Introduction to Normal Distribution
The Normal Distribution, also sometimes known as Gaussian Distribution is a family of beautiful bell-shaped curves. It is indeed the most important concept in statistics. A Normal Curve depicts the distribution for any experiment repeated for a large number of times.
As the name suggests, the normal distribution is so normal that we can find it anywhere. Just name it! Be the size of micro-organisms or the giant planets. Monetary income, or Student grades. When we take measurements for any case a large number of times, it leads us to a bell-like symmetric Normal Distribution.

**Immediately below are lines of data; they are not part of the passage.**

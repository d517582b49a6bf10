// What a flag says of its module.
ghost use Rattle.std.specs.Prelude.{◌≡◌, true, false, MatchOption};
ghost use Rattle.table_words.specs.Flags.{flag_of, with_flag};

use crate::words::Flag;
use source::NormalModule;

pub fn has_flag(module: &NormalModule, flag: Flag) -> bool
    ensures { result ≡ flag_of «module».now flag }
{
    match flag {
        Flag::Lazy => module.lazy_export,
        Flag::Await => module.top_level_await,
        Flag::Module => module.module_or_exports,
        Flag::Node => module.node_esm,
        Flag::Entry => module.entry,
    }
}

/// The module with the flag, or none where it has it already.
pub fn raise(before: NormalModule, flag: Flag) -> Option<NormalModule>
    ensures { MatchOption result (flag_of before flag ≡ true) (λ after. (flag_of before flag ≡ false) × (after ≡ with_flag before flag)) }
{
    if has_flag(&before, flag) {
        return None;
    }
    let mut after = before;
    match flag {
        Flag::Lazy => after.lazy_export = true,
        Flag::Await => after.top_level_await = true,
        Flag::Module => after.module_or_exports = true,
        Flag::Node => after.node_esm = true,
        Flag::Entry => after.entry = true,
    }
    Some(after)
}
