// The words of the text form, written and read.
ghost use Rattle.std.specs.Prelude.{◌≡◌, ℕ, List};
ghost use Rattle.table_words.specs.Words.{exports_word, import_word, flag_word, yes_no, Named};

use source::{ExportsKind, ImportKind};

/// What goes by a word: the word is written and read.
pub trait Worded: Sized {
    ghost word: { Self → List ℕ };

    fn word(self) -> &'static str
        ensures { result.now ≡ word self };

    /// The value whose word it is, or none where it is no value's.
    fn from_word(text: &str) -> Option<Self>
        ensures { Named word text.now result };
}

/// What a `module` line may say of its module.
#[derive(Clone, Copy, PartialEq, Eq, Debug)]
pub enum Flag {
    Lazy,
    Await,
    Module,
    Node,
    Entry,
}

impl Worded for ExportsKind {
    ghost word = { exports_word };

    fn word(self) -> &'static str {
        match self {
            ExportsKind::None => "none",
            ExportsKind::Esm => "esm",
            ExportsKind::CommonJs => "cjs",
        }
    }

    fn from_word(text: &str) -> Option<ExportsKind> {
        match text {
            "none" => Some(ExportsKind::None),
            "esm" => Some(ExportsKind::Esm),
            "cjs" => Some(ExportsKind::CommonJs),
            _ => None,
        }
    }
}

impl Worded for ImportKind {
    ghost word = { import_word };

    fn word(self) -> &'static str {
        match self {
            ImportKind::Import => "import",
            ImportKind::Require => "require",
            ImportKind::DynamicImport => "dynamic-import",
            ImportKind::AtImport => "at-import",
            ImportKind::UrlImport => "url-import",
            ImportKind::NewUrl => "new-url",
            ImportKind::HotAccept => "hot-accept",
        }
    }

    fn from_word(text: &str) -> Option<ImportKind> {
        match text {
            "import" => Some(ImportKind::Import),
            "require" => Some(ImportKind::Require),
            "dynamic-import" => Some(ImportKind::DynamicImport),
            "at-import" => Some(ImportKind::AtImport),
            "url-import" => Some(ImportKind::UrlImport),
            "new-url" => Some(ImportKind::NewUrl),
            "hot-accept" => Some(ImportKind::HotAccept),
            _ => None,
        }
    }
}

impl Worded for Flag {
    ghost word = { flag_word };

    fn word(self) -> &'static str {
        match self {
            Flag::Lazy => "lazy",
            Flag::Await => "await",
            Flag::Module => "module",
            Flag::Node => "node",
            Flag::Entry => "entry",
        }
    }

    fn from_word(text: &str) -> Option<Flag> {
        match text {
            "lazy" => Some(Flag::Lazy),
            "await" => Some(Flag::Await),
            "module" => Some(Flag::Module),
            "node" => Some(Flag::Node),
            "entry" => Some(Flag::Entry),
            _ => None,
        }
    }
}

impl Worded for bool {
    ghost word = { yes_no };

    fn word(self) -> &'static str {
        if self { "yes" } else { "no" }
    }

    fn from_word(text: &str) -> Option<bool> {
        match text {
            "yes" => Some(true),
            "no" => Some(false),
            _ => None,
        }
    }
}
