// Numbers and spans of the text form.
ghost use Rattle.table_words.specs.Numbers.{Numbered, Spanned};

use source::Span;

/// A decimal number below 2^32, by its digits alone: no sign.
pub fn read_number(word: &str) -> Option<u32>
    ensures { Numbered word.now result }
{
    if word.starts_with('+') {
        return None;
    }
    word.parse::<u32>().ok()
}

/// `START..END`.
pub fn read_span(word: &str) -> Option<Span>
    ensures { Spanned word.now result }
{
    let (start, rest) = word.split_once('.')?;
    let end = rest.strip_prefix('.')?;
    Some(Span {
        start: read_number(start)?,
        end: read_number(end)?,
    })
}
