//! What becomes of a job whose text was read, how a unit of work ends, and what a job's end leaves of the texts of a
//! queue.
#![tactic(auto)]

mod laws;
mod outcomes;
mod units;

pub use laws::law_of_ended_texts;
pub use outcomes::{Outcome, Read, outcome_of};
pub use units::{UnitEnd, end_by};
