//! A journal as memory keeps it.
ghost use Rattle.std.specs.Prelude.{◌≡◌, ◌++◌, ◌∷◌, ◌<◌, [], length, remove, slice_set, OnOk, OnErr};

use crate::batches::BriefBatch;
use mas_types::{List, NoMemory};
use std::alloc::Global;
use std::marker::Model;

/// The history of a run, of whose entries memory has no texts. A contract sees the journal.
#[derive(Drop)]
pub struct BriefJournal {
    batches: List<BriefBatch>,
}

impl Model for BriefJournal {
    ghost use Rattle.mas_types.specs.declared.journals.Journal.{Journal};

    ghost Value = { Journal };

    ghost view = { λ a. record { batches = a.batches } };
}

impl BriefJournal {
    /// No batches.
    pub fn new(alloc: Global) -> BriefJournal
        ensures { result.batches ≡ [] }
    {
        BriefJournal {
            batches: List::new(alloc),
        }
    }

    /// The number of batches.
    pub fn len(&self) -> usize
        ensures { result ≡ length self.now.batches }
    {
        self.batches.len()
    }

    /// The batches in order.
    pub fn batches(&self) -> &[BriefBatch]
        ensures { result.now ≡ self.now.batches }
    {
        self.batches.as_slice()
    }

    /// Adds a batch at the end.
    pub fn push(&mut self, batch: BriefBatch) -> Result<(), NoMemory>
        ensures ok { OnOk result (self.new.batches ≡ self.old.batches ++ batch ∷ []) }
        ensures err { OnErr result (self.new ≡ self.old) }
    {
        self.batches.push(batch)
    }

    /// The batch at a place is this one instead.
    pub fn set(&mut self, at: usize, batch: BriefBatch)
        requires { at < length self.old.batches }
        ensures { self.new.batches ≡ slice_set self.old.batches at batch }
    {
        self.batches.as_mut_slice()[at] = batch;
    }

    /// The batch at a place goes.
    pub fn remove(&mut self, at: usize)
        requires { at < length self.old.batches }
        ensures { self.new.batches ≡ remove self.old.batches at }
    {
        drop(self.batches.remove(at));
    }
}
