//! How a sitting ends: what isn't written is kept, and a line is said where the step closes.
ghost use Rattle.std.specs.Prelude.{◌∷◌, []};
ghost use Rattle.member_giving.specs.Kept.{HasClosed, HasLeft};
ghost use Rattle.member_giving.specs.Names.{AreMembersNamed, closing_line, leaves, says};
ghost use Rattle.member_giving.specs.Plays.{to_play, wrote_of};
ghost use Rattle.member_giving.specs.Works.{HasRoom, Works};

use crate::giving::{give_up, keep};
use cmd_report::one_line;
use mas_complex::{Complex, Steady};
use mas_types::Closing;
use member_asides::{SittingEnd, release_of};
use member_node::{Member, NodeNo};
use member_steps::tell_lines;
use spool_plant::Plant;
use std::alloc::Global;
use step_turns::{Holder, State};

/// Ends a sitting in which so many commands were given, and its step, which closes so: what isn't written is kept, and
/// then the line is said. All memory for the line is taken before. BothLost, Halted and NoMemory come as [`keep`] says;
/// Halted also where the member was stopped at the line, and ConsoleFault where the console failed at it.
pub fn close_step<P: Plant + Drop, C: Steady + Drop>(
    member: &mut Member,
    alloc: Global,
    complex: &mut Complex<P, C>,
    holder: Holder,
    end: &Closing,
    given: u64,
) -> Result<SittingEnd, NodeNo>
    requires works { Works complex.old member.old holder }
    requires room { HasRoom complex.old member.old 1 }
    requires named { AreMembersNamed end.now }
    ensures { HasClosed
        (to_play holder given (wrote_of member.old.batch (says (closing_line holder.by holder.step end.now ∷ []))))
        complex.old member.old complex.new member.new result }
{
    let Ok(lines) = one_line(alloc, holder.by, holder.step, end) else {
        return Err(give_up(member, alloc, complex, holder));
    };
    keep(member, alloc, complex, holder)?;
    tell_lines(member, complex, &lines)?;
    let next = State::Told;
    let release = release_of(holder, given, &next);
    Ok(SittingEnd {
        next,
        given,
        release,
    })
}

/// Ends a sitting in which so many commands were given, in this state of its step: nothing is said. The errors are
/// those of [`keep`].
pub fn leave_step<P: Plant + Drop, C: Steady + Drop>(
    member: &mut Member,
    alloc: Global,
    complex: &mut Complex<P, C>,
    holder: Holder,
    next: State,
    given: u64,
) -> Result<SittingEnd, NodeNo>
    requires works { Works complex.old member.old holder }
    requires room { HasRoom complex.old member.old 1 }
    ensures { HasLeft (to_play holder given (wrote_of member.old.batch (leaves next))) complex.old member.old
        complex.new member.new result }
{
    keep(member, alloc, complex, holder)?;
    let release = release_of(holder, given, &next);
    Ok(SittingEnd {
        next,
        given,
        release,
    })
}
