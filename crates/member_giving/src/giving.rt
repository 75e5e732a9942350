//! What a member gives in a sitting of work, and what of it is kept.
ghost use Rattle.std.specs.Prelude.{◌≡◌, ◌+◌, ◌<◌, ◌^◌, []};
ghost use Rattle.member_giving.specs.Kept.{HasKept, to_keep};
ghost use Rattle.member_giving.specs.Names.{batch_of};
ghost use Rattle.member_giving.specs.Plays.{GivesUp, after_full, full_of};
ghost use Rattle.member_giving.specs.Works.{HasRoom, Works, outside, run_of};

use mas_complex::{Complex, Steady};
use member_node::{Member, NodeNo};
use member_steps::keep_batch;
use spool_plant::Plant;
use std::alloc::Global;
use step_turns::Holder;

// The entries of a batch.
const BATCH_MOST: usize = 64;

/// Keeps what the member gave since the last batch, if anything, and makes room for the next one; nothing is said.
/// BothLost comes only where both copies count as lost at the end of the call, Halted only where the member was stopped
/// in it, and NoMemory only when out of memory.
pub fn keep<P: Plant + Drop, C: Steady + Drop>(
    member: &mut Member,
    alloc: Global,
    complex: &mut Complex<P, C>,
    holder: Holder,
) -> Result<(), NodeNo>
    requires works { Works complex.old member.old holder }
    requires high { member.old.checkpoint.level + 1 < 2 ^ 63 }
    requires level { complex.old.level + 1 < 2 ^ 63 }
    ensures { HasKept (to_keep holder (batch_of member.old.batch) []) complex.old member.old complex.new member.new
        result }
{
    if member.batch.len() == 0 {
        return Ok(());
    }
    keep_batch(member, alloc, complex)?;
    member.primary(complex)?;
    Ok(())
}

/// Ends a sitting that is out of memory: what was given since the last batch is kept, if there is memory for that.
/// Answers how it ends.
pub fn give_up<P: Plant + Drop, C: Steady + Drop>(
    member: &mut Member,
    alloc: Global,
    complex: &mut Complex<P, C>,
    holder: Holder,
) -> NodeNo
    requires works { Works complex.old member.old holder }
    requires high { member.old.checkpoint.level + 1 < 2 ^ 63 }
    requires level { complex.old.level + 1 < 2 ^ 63 }
    ensures run { run_of complex.new member.new ≡ run_of complex.old member.old }
    ensures gives_up { GivesUp P.tells holder.by member.old.batch (outside complex.old) (outside complex.new) result }
{
    match keep(member, alloc, complex, holder) {
        Ok(()) => NodeNo::NoMemory,
        Err(why) => why,
    }
}

/// Keeps what isn't written where that is a full batch, with the errors of [`keep`]; else it does nothing.
pub fn keep_full<P: Plant + Drop, C: Steady + Drop>(
    member: &mut Member,
    alloc: Global,
    complex: &mut Complex<P, C>,
    holder: Holder,
) -> Result<(), NodeNo>
    requires works { Works complex.old member.old holder }
    requires room { HasRoom complex.old member.old 1 }
    ensures { HasKept (to_keep holder (full_of member.old.batch) (after_full member.old.batch)) complex.old member.old
        complex.new member.new result }
{
    if member.batch.len() < BATCH_MOST {
        return Ok(());
    }
    keep(member, alloc, complex, holder)
}
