//! Marks of the pages of a checkpoint that may differ from what tables are drawn as: who changes tables marks the pages
//! that show it, and who draws them draws these alone.
#![tactic(auto)]

mod marks;

pub use marks::{HEADER_PAGE, MARKS, MEMBERS_PAGE, Marks, NODES_PAGE};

The average of many observations of any random variable with finite mean and variance is also a random variable. The distribution for the resultant random variable converges to a Normal Distribution.
Note that every Normal Distribution generally has two parameters μ and σ, which we will discuss. These parameters define the shape of a distribution.
Properties of Normal Curve
As the name suggests, unimodal distributions have only one mode. We can say any distribution that has a single peak is called a Unimodal Distribution.
A distribution where the shape of the curve to the left of the peak mirrors the shape of the curve to the right of the peak. Skewness is generally considered as a measure of asymmetry.
Such a distribution is unique because the mean, median, and mode all lie at a single point.
- Asymptotic Tail
On both sides, the tails of a normal curve may seem to be meeting the x-axis or having y=0 at some value of x. But in reality, they always approach the x-axis but never touch it.
Kurtosis is one of the measures that describe the shape of a distribution’s tail compared to its peakedness in the center.
Types of Normal Curves
The values μ and σ tell us about the mean and standard deviation of the distribution. Mean is a measure of centrality, which balances the distribution. Whereas Standard deviation acts as a measure of spread, which decides how flat our distribution is. Normal Distributions are classified into types, based on the values that μ and σ can take.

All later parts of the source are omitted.